(Stored items)

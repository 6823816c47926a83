//! Wider answers beside the rows that a caller added.
ghost use Rattle.std.specs.Prelude.{option_map};
ghost use Rattle.infer.specs.Rows.{custom_rows};
ghost use Rattle.infer.specs.Triple.{triple_of};
ghost use Rattle.infer_more.specs.Added.{IsAnswerWith};

use crate::answers::get;
use infer::{Infer, Type};
use std::alloc::Allocator;

/// The type of the first row that was added to `infer` and accepts `buf`, or of the wider answer of `buf` if none does.
pub fn get_with<A: Allocator>(infer: &Infer<A>, buf: &[u8]) -> Option<Type>
    ensures { IsAnswerWith (custom_rows infer.now) buf.now (option_map triple_of result) }
{
    match infer.get_added(buf) {
        Some(found) => Some(found),
        None => get(buf),
    }
}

* ACTION ITEM
Wherever a line above contains the string "specs", copy that line.

* YOUR SOLUTION
ghost use Rattle.std.specs.Prelude.{option_map};
ghost use Rattle.infer.specs.Rows.{custom_rows};
ghost use Rattle.infer.specs.Triple.{triple_of};
ghost use Rattle.infer_more.specs.Added.{IsAnswerWith};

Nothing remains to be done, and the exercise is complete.